To be clear, that suffering may not be psychically pathological. Grief, for example, is not pathological but can cause great suffering and lead one to benefit from good therapy. Economic inequality, racism, and injustice are further examples, alongside historical trauma or disorders of mental health that have a component of biology in their origin. What unifies these experiences is that they may cause suffering of the sort that might compel the sufferer to seek psychotherapy. We wish to be honest about that suffering.
The second reason we find patient to be the most honest is related to power. We concede (and are concerned) that “doctors,” whether physicians, therapists, or other health professionals, are given too much power. The determinations they make, including the diagnoses they apply, can be hugely determinant for those who seek their help.
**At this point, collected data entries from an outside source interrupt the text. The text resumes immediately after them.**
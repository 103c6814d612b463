//! Canonical bytes in a form.

ghost use Rattle.std.specs.Prelude.{◌≡◌, IfOk, IfErr};
ghost use Rattle.std.specs.Cow.{cow_slice_items};
ghost use Rattle.cborc_commands.specs.Texts.{in_form, IsCanonicalText};
ghost use Rattle.cborc_commands.specs.inner.NotWritten.{IsNoText};

use crate::fault::Fault;
use cbor_head::{KeyOrder, Limits};
use cbor_reader::canonical_bytes;
use cborc_words::Form;
use std::alloc::{AllocError, Global};
use std::borrow::CowSlice;

/// The canonical bytes of the item that the bytes are, in the requested form. Canonical bytes are
/// returned unchanged.
pub fn canonical_text<'a, 'b>(
    alloc: Global,
    bytes: &'b [u8],
    limits: Limits,
    order: KeyOrder,
    form: Form,
) -> Result<CowSlice<'b, u8>, Fault<'a>>
    ensures text { IfOk result
        (λ c. IsCanonicalText limits order form bytes.now (cow_slice_items c)) }
    ensures fault { IfErr result (IsNoText limits order bytes.now) }
{
    let canonical = canonical_bytes(alloc, bytes, limits, order)?;
    match formed(alloc, canonical, form) {
        Ok(text) => Ok(text),
        Err(_) => Err(Fault::Memory),
    }
}

/// Bytes in a form: unchanged, or two hex digits for each and a line feed.
pub fn formed<'b>(
    alloc: Global,
    bytes: CowSlice<'b, u8>,
    form: Form,
) -> Result<CowSlice<'b, u8>, AllocError>
    ensures { IfOk result (λ c. cow_slice_items c ≡ in_form form (cow_slice_items bytes.entry)) }
{
    match form {
        Form::Raw => Ok(bytes),
        Form::Hex => {
            let mut text = hex::encode(alloc, bytes.as_slice())?.into_bytes();
            text.push(b'\n')?;
            Ok(CowSlice::Owned(text))
        }
    }
}
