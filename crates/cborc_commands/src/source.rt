//! A file that is read in parts, as bytes or as hex text.

ghost use Rattle.std.specs.Prelude.{◌≡◌, ◌⊎◌, ◌+◌, ◌^◌, ◌<◌, ◌≤◌, length, true, false, OnOk, IfOk, IfErr};
ghost use Rattle.cborc_files.specs.Digits.{IsOfText, SpellsOn, IsWhole};
ghost use Rattle.cborc_files.specs.Folder.{KeepsFiles, ReadsOn};
ghost use Rattle.cborc_commands.specs.inner.Sources.{IsFresh, IsPartAdded, IsNoPart, HasInput};
ghost use Rattle.cborc_commands.specs.inner.Sources.{HasNoInput, IsUndecoded};

use crate::fault::Fault;
use cborc_files::{Digits, DigitsFault, Folder};
use std::alloc::Global;

/// The number of bytes per read of a file, unless an item needs more.
pub(crate) const PART: u64 = 65_536;

/// A file, of which a prefix was read.
#[derive(Drop)]
pub(crate) struct Source {
    /// Whether it is hex text.
    pub hex: bool,
    /// The state of its digits, if it is.
    pub digits: Digits,
    /// The number of its bytes that were read.
    pub size: u64,
    /// Whether the file ends after them.
    pub ended: bool,
}

impl Source {
    /// A file that was not read yet.
    pub(crate) fn new(hex: bool) -> Source
        ensures { IsFresh hex result }
    {
        Source {
            hex,
            digits: Digits::new(),
            size: 0,
            ended: false,
        }
    }

    /// Reads the next part, of at most `most` bytes, and appends its bytes, or those that it encodes.
    pub(crate) fn append<'a, F: Folder>(
        &mut self,
        alloc: Global,
        files: &mut F,
        path: &'a str,
        most: u64,
        bytes: &mut Vec<u8>,
    ) -> Result<(), Fault<'a>>
        requires some { 0 < most }
        requires range { self.old.size < 2 ^ 63 }
        ensures added { OnOk result (IsPartAdded (F.held files.old) path.now self.old self.new
            bytes.old.items bytes.new.items) }
        ensures few { OnOk result (length bytes.new.items + self.old.size
            ≤ length bytes.old.items + self.new.size) }
        ensures whole { OnOk result (self.new.ended ≡ false → self.old.size + most ≤ self.new.size) }
        ensures size { (self.old.size ≤ self.new.size) × (self.new.size < 2 ^ 63) }
        ensures fault { IfErr result (IsNoPart (F.held files.old) path.now self.old) }
        ensures keeps { KeepsFiles (F.held files.old) (F.held files.new) }
        ensures same { F.forwards_to files.new ≡ F.forwards_to files.old }
    {
        if !self.hex {
            let count = self.read_part(alloc, files, path, most, bytes)?;
            self.size += count;
            self.ended = count < most;
            return Ok(());
        }
        let mut text = Vec::new(alloc);
        let count = self.read_part(alloc, files, path, most, &mut text)?;
        self.size += count;
        self.ended = count < most;
        match decode(&mut self.digits, text.as_slice(), self.ended, bytes) {
            Ok(()) => Ok(()),
            Err(fault) => {
                files.remember_fault(fault);
                Err(Fault::of_digits(path, fault))
            }
        }
    }

    // Appends the bytes of the next part as they are, and returns their number.
    fn read_part<'a, F: Folder>(
        &self,
        alloc: Global,
        files: &mut F,
        path: &'a str,
        most: u64,
        bytes: &mut Vec<u8>,
    ) -> Result<u64, Fault<'a>>
        requires { self.now.size < 2 ^ 63 }
        ensures read { IfOk result (λ _. ReadsOn (F.held files.old) path.now self.now.size most
            bytes.old.items bytes.new.items) }
        ensures count { IfOk result (λ count.
            length bytes.new.items ≡ length bytes.old.items + count) }
        ensures range { IfOk result (λ count. self.now.size + count < 2 ^ 63) }
        ensures fault { IfErr result (IsNoPart (F.held files.old) path.now self.now) }
        ensures keeps { KeepsFiles (F.held files.old) (F.held files.new) }
        ensures same { F.forwards_to files.new ≡ F.forwards_to files.old }
    {
        let held = bytes.len();
        match files.read_on(alloc, path, self.size, most, bytes) {
            Ok(()) => Ok((bytes.len() - held) as u64),
            Err(fault) => Err(Fault::of_reading(path, fault)),
        }
    }

    /// Reads hex text to its end, because only valid hex text has a verdict. The bytes that it encodes
    /// are dropped.
    pub(crate) fn read_out<'a, F: Folder>(
        &mut self,
        alloc: Global,
        files: &mut F,
        path: &'a str,
    ) -> Result<(), Fault<'a>>
        requires { self.old.size < 2 ^ 63 }
        ensures input { OnOk result (HasInput (F.held files.old) path.now self.old) }
        ensures fault { IfErr result (HasNoInput (F.held files.old) path.now self.old) }
        ensures keeps { KeepsFiles (F.held files.old) (F.held files.new) }
        ensures same { F.forwards_to files.new ≡ F.forwards_to files.old }
    {
        let mut bytes = Vec::new(alloc);
        'parts: while self.may_be_no_hex() {
            self.append(alloc, files, path, PART, &mut bytes)?;
            bytes.clear();
        }
        Ok(())
    }

    // Whether the file is read as hex text and may continue.
    fn may_be_no_hex(&self) -> bool
        ensures yes { result ≡ true → self.now.ended ≡ false }
        ensures no { result ≡ false → (self.now.ended ≡ true) ⊎ (self.now.hex ≡ false) }
    {
        self.hex && !self.ended
    }
}

// Appends the bytes that the next part of a text encodes. `ends` says that it is the last part.
fn decode(
    digits: &mut Digits,
    text: &[u8],
    ended: bool,
    bytes: &mut Vec<u8>,
) -> Result<(), DigitsFault>
    ensures spelled { OnOk result
        (SpellsOn text.now digits.old digits.new bytes.old.items bytes.new.items) }
    ensures whole { OnOk result (ended ≡ true → IsWhole digits.new) }
    ensures not_hex { IfErr result (λ fault. IsOfText fault → IsUndecoded text.now ended digits.old) }
{
    digits.push_all(text, bytes)?;
    if ended { digits.finish() } else { Ok(()) }
}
Their opinions about treatment are often above reproach even when clearly creating harm.
With this awareness, we seek to orient our practice, both in its clinical and structural organization, to disrupt that power, finding ways of giving therapy-seekers power through choice. We encourage therapy-seekers’ choice in whether to receive therapy with us or elsewhere, in which provider they work with, in how the therapy is structured, in the methodological organization of their treatment, and in participation. Our model of non-diagnostic, collaborative therapy is designed to actively engage therapy-seekers in the work of the therapy.
But we also recognize that the power given to doctors and therapists cannot merely be foregone through a change in language or a profound shift in methodology. Even with our efforts to engage in new, collaborative approaches with those who seek therapy from us, millennia of history and an entire industry of healthcare cannot be cast aside merely by our desire to do so, just as a white person, however well-intentioned, cannot forgo the privilege endowed by white skin and white identity by declaring they’re not white or by working to adapt the ways they express the privilege therein. To do so would be an ill-conceived attempt at hiding power, not a reorganization of power at all.
We understand these forces are much larger than us. What we can do is continually seek to develop new ways of collaborating, but we must first and always acknowledge the presence of those dynamics of power.